## ACTIVITY
From the records below, copy every line that contains the word "iter".

*** RECORDS FOR THE EXERCISE ***

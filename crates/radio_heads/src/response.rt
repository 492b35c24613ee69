//! The head of a response.
ghost use Rattle.std.specs.Prelude.{◌≡◌, ◌≤◌, IfOk, IfErr, option_copied};
ghost use Rattle.radio_heads.specs.Response.{ResponseParts, ShowsResponse, version_of};
ghost use Rattle.radio_heads.specs.Headers.{value_of};
ghost use Rattle.radio_heads.specs.Reading.{IsFrontFault};

use crate::headers::{Headers, MAX_HEADERS};
use crate::outcome::HeadFault;
use httparse::spans::{EMPTY_HEADER_SPAN, parse_response};
use httparse::{Error, Status};
use std::marker::Model;

/// A version of HTTP/1 (RFC 9112, section 2.3).
#[derive(Clone, Copy, Debug, PartialEq, Eq)]
pub enum Version {
    /// HTTP/1.0
    Http10,
    /// HTTP/1.1
    Http11,
}

/// The head of a response, which borrows the bytes that it was read from. It takes some 2 KiB, so
/// lend it rather than move it.
///
/// A contract sees its parts: version, status and headers.
#[derive(Drop)]
pub struct ResponseHead<'b> {
    version: Version,
    status: u16,
    headers: Headers<'b>,
}

impl<'b> Model for ResponseHead<'b> {
    ghost use Rattle.radio_heads.specs.Response.{ResponseParts};

    ghost Value = { ResponseParts };

    ghost view = { λ h. record { version = h.version; status = h.status; headers = h.headers } };
}

impl<'b> ResponseHead<'b> {
    /// The version of HTTP that the answer is written in.
    pub fn version(&self) -> Version
        ensures { result ≡ self.now.version }
    {
        self.version
    }

    /// The status, a number of three digits: 0 to 999.
    pub fn status(&self) -> u16
        ensures { result ≡ self.now.status }
    {
        self.status
    }

    /// The value of the first header of that name, ASCII case disregarded, without the white
    /// space around it; `None` if there is no such header.
    pub fn value(&self, name: &str) -> Option<&'b [u8]>
        ensures { option_copied result ≡ value_of name.now self.now.headers }
    {
        self.headers.value(name)
    }

    /// The head that the whole front is, or the fault that it has.
    pub(crate) fn read(front: &'b [u8]) -> Result<ResponseHead<'b>, HeadFault>
        ensures whole { IfOk result (ShowsResponse front.now) }
        ensures fault { IfErr result IsFrontFault }
        ensures none { IfErr result (λ _. (parts : ResponseParts) → ¬ (ShowsResponse front.now parts)) }
    {
        let mut spans = [EMPTY_HEADER_SPAN; MAX_HEADERS];
        match parse_response(front, &mut spans) {
            Ok(Status::Complete(found)) if found.len == front.len() => Ok(ResponseHead {
                version: version_named(found.version),
                status: found.code,
                headers: Headers::new(front, spans, found.headers),
            }),
            Err(Error::TooManyHeaders) => Err(HeadFault::TooManyHeaders),
            _ => Err(HeadFault::BadHead),
        }
    }
}

fn version_named(minor: u8) -> Version
    ensures { result ≡ version_of minor }
{
    match minor {
        0 => Version::Http10,
        _ => Version::Http11,
    }
}
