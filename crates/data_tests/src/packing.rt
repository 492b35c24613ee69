//! Blocks of all sizes in a queue, which packs the small ones, compared with a plain list of where blocks begin and end.

use crate::queue::push_block;
use bytes::Bytes;
use radio_blocks::{Block, BlockQueue, DrawFault, OutOfMemory, Pieces, Place};
use std::alloc::Global;

/// At least so many bytes are kept.
const LIMIT: u64 = 20_000;

/// The largest sizes of blocks, in turn for 500 pushes each.
const LARGEST: &[u64] = &[1, 3000, 7, 40, 511, 3, 700, 2, 3000];

/// The byte at a place of the stream.
fn byte_at(place: u64) -> u8 {
    (place % 251) as u8
}

/// The next number of a row that looks random, from 0 to 2^31 - 1.
fn next(row: &mut u64) -> u64 {
    *row = row
        .wrapping_mul(6_364_136_223_846_793_005)
        .wrapping_add(1_442_695_040_888_963_407);
    *row >> 33
}

/// Where the fewest last blocks begin that have at least the limit.
fn offset_of(bounds: &[u64], end: u64) -> u64 {
    let mut offset = 0;
    for bound in bounds {
        if end.saturating_sub(*bound) >= LIMIT {
            offset = *bound;
        }
    }
    offset
}

/// Where the first block begins that is kept and at most so many bytes before the end, or the end.
fn start_of(bounds: &[u64], offset: u64, end: u64, burst: u64) -> u64 {
    for bound in bounds {
        if *bound >= offset && end.saturating_sub(*bound) <= burst {
            return *bound;
        }
    }
    end
}

/// Whether the slices are the parts of blocks between two places: one of each block that has some.
fn are_parts(bounds: &[u64], from: u64, to: u64, slices: &[Bytes]) -> bool {
    let mut slices = slices.iter();
    for (start, end) in bounds.iter().zip(bounds.iter().skip(1)) {
        let front = from.max(*start);
        let back = to.min(*end);
        if front < back && !is_between(slices.next(), front, back) {
            return false;
        }
    }
    slices.next().is_none()
}

/// Whether it is the slice of the stream between two places.
fn is_between(slice: Option<&Bytes>, from: u64, to: u64) -> bool {
    let Some(slice) = slice else {
        return false;
    };
    let mut place = from;
    for byte in slice.as_slice() {
        if *byte != byte_at(place) {
            return false;
        }
        place = place.saturating_add(1);
    }
    place == to
}

/// The block of so many bytes at a place.
fn block_at(alloc: Global, place: u64, size: u64) -> Result<Option<Block>, OutOfMemory> {
    let mut bytes = Vec::new(alloc);
    for i in 0..size {
        bytes.push(byte_at(place.saturating_add(i)))?;
    }
    Ok(Block::new(Bytes::from_vec(bytes)?))
}

/// Whether all that the queue answers agrees with where its blocks begin and end.
fn agrees(alloc: Global, queue: &BlockQueue, bounds: &[u64], end: u64, row: &mut u64) -> bool {
    let offset = offset_of(bounds, end);
    let burst = next(row) % 30_000;
    if queue.offset() != Place::new(offset) || queue.end() != Place::new(end) {
        return false;
    }
    if queue.start_for(burst) != Place::new(start_of(bounds, offset, end, burst)) {
        return false;
    }
    let lag = next(row) % end.saturating_sub(offset).saturating_add(1);
    let room = (next(row) % 9_000) as u32;
    draws(alloc, queue, bounds, end.saturating_sub(lag), room) && is_trimmed(alloc, queue, offset)
}

/// Whether a draw at this place gives the parts of the blocks there.
fn draws(alloc: Global, queue: &BlockQueue, bounds: &[u64], place: u64, room: u32) -> bool {
    let after = place
        .saturating_add(room as u64)
        .min(queue.end().bytes_before());
    let mut pieces = Pieces::new(alloc);
    let drawn = queue.draw(Place::new(place), room, &mut pieces);
    drawn == Ok(Place::new(after)) && are_parts(bounds, place, after, pieces.slices())
}

/// Whether nothing is drawn before the offset.
fn is_trimmed(alloc: Global, queue: &BlockQueue, offset: u64) -> bool {
    let mut pieces = Pieces::new(alloc);
    offset == 0 || queue.draw(Place::new(offset - 1), 10, &mut pieces) == Err(DrawFault::Trimmed)
}

/// Pushes a block of so many bytes behind this end of the stream, and notes where it ends.
fn push_one(
    alloc: Global,
    queue: &mut BlockQueue,
    bounds: &mut Vec<u64>,
    end: u64,
    size: u64,
) -> Result<u64, OutOfMemory> {
    let Some(block) = block_at(alloc, end, size)? else {
        return Ok(end);
    };
    push_block(queue, block)?;
    let end = end.saturating_add(size);
    bounds.push(end)?;
    Ok(end)
}

/// Whether a queue agrees with the list while blocks of many sizes are pushed.
fn keeps_all_sizes(alloc: Global, seed: u64) -> Result<bool, OutOfMemory> {
    let mut row = seed;
    let mut queue = BlockQueue::new(alloc, LIMIT);
    let mut bounds = Vec::new(alloc);
    bounds.push(0)?;
    let mut end = 0;
    for largest in LARGEST {
        for turn in 0..500 {
            let size = (next(&mut row) % (*largest).max(1)).saturating_add(1);
            end = push_one(alloc, &mut queue, &mut bounds, end, size)?;
            if turn % 11 == 0 && !agrees(alloc, &queue, bounds.as_slice(), end, &mut row) {
                return Ok(false);
            }
        }
    }
    Ok(true)
}

#[test]
fn blocks_of_all_sizes(rt: HostRuntime) {
    assert!(rt; keeps_all_sizes(rt.alloc(), 1) == Ok(true));
}

#[test]
fn blocks_of_all_sizes_again(rt: HostRuntime) {
    assert!(rt; keeps_all_sizes(rt.alloc(), 2) == Ok(true));
}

*** End of RECORDS FOR THE EXERCISE ***

## RESULT BELOW
    let mut slices = slices.iter();
    for (start, end) in bounds.iter().zip(bounds.iter().skip(1)) {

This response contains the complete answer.